Gli studi delle teorie ecofemministe hanno portato alla luce come la carne, nei secoli, sia diventata simbolo della virilità e del potere. Mangiare la carne è divenuto sempre di più un atto di forza, un emblema di ricchezza, uno status symbol legato al maschile che porta all’implicita divisione per cui la carne sarebbe dedicata all’uomo, mentre i vegetali alle donne. Si tratta di una separazione sia concettuale che linguistica basti pensare, infatti, a frasi come “ragazze delicate come i fiori” oppure “uomini forti come tori”. La carne da consumare, scrive la Adams, è divenuta simbolo del potere patriarcale.

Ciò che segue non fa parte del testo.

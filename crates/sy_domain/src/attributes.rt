ghost use Rattle.std.specs.Prelude.{◌≡◌, ◌++◌, fold, map, OnOk, IfOk};
ghost use Rattle.std.specs.List.{flat_map, enumerate_from, list_all, list_any};
ghost use Rattle.sy_chains.specs.Chains.{NoCycle};
ghost use Rattle.sy_domain.specs.Chains.{base_number};
ghost use Rattle.sy_domain.specs.Machine.Owners as owning;
ghost use Rattle.sy_domain.specs.Machine.Owners.{owners_of};
ghost use Rattle.sy_domain.specs.Attributes as attributes;
ghost use Rattle.sy_domain.specs.Attributes.{clash, clashes, clashing, given_twice};

use crate::chains::all_bases;
use crate::failure::fail_unless;
use crate::names::repeat_into;
use crate::{Failure, Names};
use indexmap::IndexMap;
use std::alloc::Global;
use sy_base::{List, Memory, Text};
use sy_chains::chain_above;
use sy_spec::{AttrTree, DeclTree, SpecTree, TypeTree};

pub(crate) fn own(tree: &TypeTree) -> &[AttrTree]
    ensures { result.now ≡ attributes.own tree.now }
{
    match tree {
        TypeTree::Enumeration(_, _) => &[],
        TypeTree::Derived(_, _, attributes) => attributes.items(),
    }
}

fn own_at(types: &[TypeTree], number: usize) -> &[AttrTree]
    ensures { result.now ≡ attributes.own_at types.now number }
{
    match types.get(number) {
        Some(tree) => own(tree),
        None => &[],
    }
}

/// Whether a type has an own attribute with a name.
fn owns(types: &[TypeTree], name: &Text, number: usize) -> bool
    ensures { result ≡ attributes.owns types.now name.now number }
{
    own_at(types, number)
        .iter()
        .any(|attribute| attribute.name.text == *name)
}

/// Whether one of some types does.
fn any_owns(types: &[TypeTree], name: &Text, numbers: &[usize]) -> bool
    ensures { result ≡ list_any (attributes.owns types.now name.now) numbers.now }
{
    numbers.iter().any(|number| owns(types, name, *number))
}

fn check_own(
    alloc: Global,
    types: &[TypeTree],
    above: &[usize],
    own: &[AttrTree],
    out: &mut List<Failure>,
) -> Result<(), Memory>
    ensures { OnOk result (out.new ≡ out.old ++ flat_map (clash types.now above.now) own.now) }
{
    'attribute: for attribute in own {
        let is_free = !any_owns(types, &attribute.name.text, above);
        fail_unless(alloc, is_free, &attribute.name, out)?;
    }
    Ok(())
}

/// The only type that owns a name, once one more type does. None where several do.
fn owner_with(owner: Option<Option<usize>>, number: usize) -> Option<usize>
    ensures { result ≡ owning.owner_with owner number }
{
    match owner {
        Some(Some(other)) if other == number => Some(number),
        Some(_) => None,
        None => Some(number),
    }
}

/// Adds a type that has some attributes to the owners of their names.
fn add_owner(
    alloc: Global,
    number: usize,
    own: &[AttrTree],
    owners: &mut IndexMap<Text, Option<usize>>,
) -> Result<(), Memory>
    ensures { OnOk result (owners.new.entries ≡ fold (owning.add_owner number) owners.old.entries own.now) }
{
    'attribute: for attribute in own {
        let name = &attribute.name.text;
        let owner = owner_with(owners.get(name).copied(), number);
        owners.insert(name.copy(alloc)?, owner)?;
    }
    Ok(())
}

/// The only type that owns each name of an attribute, or none where several do.
fn all_owners(alloc: Global, types: &[TypeTree]) -> Result<IndexMap<Text, Option<usize>>, Memory>
    ensures { IfOk result (λ owners. owners.entries ≡ owners_of types.now) }
{
    let mut owners = IndexMap::new(alloc);
    'tree: for (i, tree) in types.iter().enumerate() {
        add_owner(alloc, i, own(tree), &mut owners)?;
    }
    Ok(owners)
}

/// Whether a type alone owns an attribute's name.
fn is_only(owners: &IndexMap<Text, Option<usize>>, number: usize, attribute: &AttrTree) -> bool
    ensures { result ≡ owning.is_only owners.now.entries number attribute.now }
{
    match owners.get(&attribute.name.text).copied() {
        Some(Some(owner)) => owner == number,
        _ => false,
    }
}

/// Whether it does with each of some attributes.
fn are_only(owners: &IndexMap<Text, Option<usize>>, number: usize, own: &[AttrTree]) -> bool
    ensures { result ≡ list_all (owning.is_only owners.now.entries number) own.now }
{
    own.iter()
        .all(|attribute| is_only(owners, number, attribute))
}

fn check_type(
    alloc: Global,
    types: &[TypeTree],
    bases: &[Option<usize>],
    owners: &IndexMap<Text, Option<usize>>,
    number: usize,
    tree: &TypeTree,
    out: &mut List<Failure>,
) -> Result<(), Memory>
    requires none { NoCycle bases.now }
    requires owners { owners.now.entries ≡ owners_of types.now }
    ensures { OnOk result (out.new ≡ out.old ++ clashes types.now bases.now (number, tree.now)) }
{
    let own = own(tree);
    if are_only(owners, number, own) {
        return Ok(());
    }
    let above = chain_above(alloc, bases, number)?;
    check_own(alloc, types, above.items(), own, out)
}

fn check_types(
    alloc: Global,
    types: &[TypeTree],
    bases: &[Option<usize>],
    out: &mut List<Failure>,
) -> Result<(), Memory>
    requires { NoCycle bases.now }
    ensures { OnOk result (out.new ≡ out.old ++ flat_map (clashes types.now bases.now) (enumerate_from 0 types.now)) }
{
    let owners = all_owners(alloc, types)?;
    'tree: for (i, tree) in types.iter().enumerate() {
        check_type(alloc, types, bases, &owners, i, tree, out)?;
    }
    Ok(())
}

fn check_decls(alloc: Global, decls: &[DeclTree], out: &mut List<Failure>) -> Result<(), Memory>
    ensures { OnOk result (out.new ≡ out.old ++ flat_map given_twice decls.now) }
{
    'decl: for decl in decls {
        repeat_into(alloc, decl.gives.items(), out)?;
    }
    Ok(())
}

/// The attributes that have an inherited one's name, and those that a declaration gives twice.
pub(crate) fn find_clashing(
    alloc: Global,
    names: &Names,
    tree: &SpecTree,
) -> Result<List<Failure>, Memory>
    requires { NoCycle (map (base_number names.now.table) tree.now.domain.types) }
    ensures { IfOk result (λ found. found ≡ clashing names.now.table tree.now) }
{
    let types = tree.domain.types.items();
    let bases = all_bases(alloc, names, types)?;
    let mut out = List::new(alloc);
    check_types(alloc, types, bases.items(), &mut out)?;
    check_decls(alloc, tree.contract.declarations.items(), &mut out)?;
    Ok(out)
}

Un sistema che si riversa, a sua volta, sulle donne e sui loro corpi.
L’ ecofemminismo richiama sempre di più a quel concetto per cui il femminismo dovrebbe essere un movimento volto a porre fine a tutte le varie forme di oppressione. Ciò perché dietro a tali oppressioni vi sono delle ingiustizie che più che essere cause separate da “combattere” a comparti stagni, dovrebbero farsi forza nei loro numerosi punti in comune. In una visione olistica, il movimento femminista non ha quindi solo a vedere con le donne ma, anzi, con tutti coloro i quali desiderano la messa in atto di un cambiamento, per il riconoscimento di un unico principio di giustizia e di pace lontano da qualsiasi forma di violenza.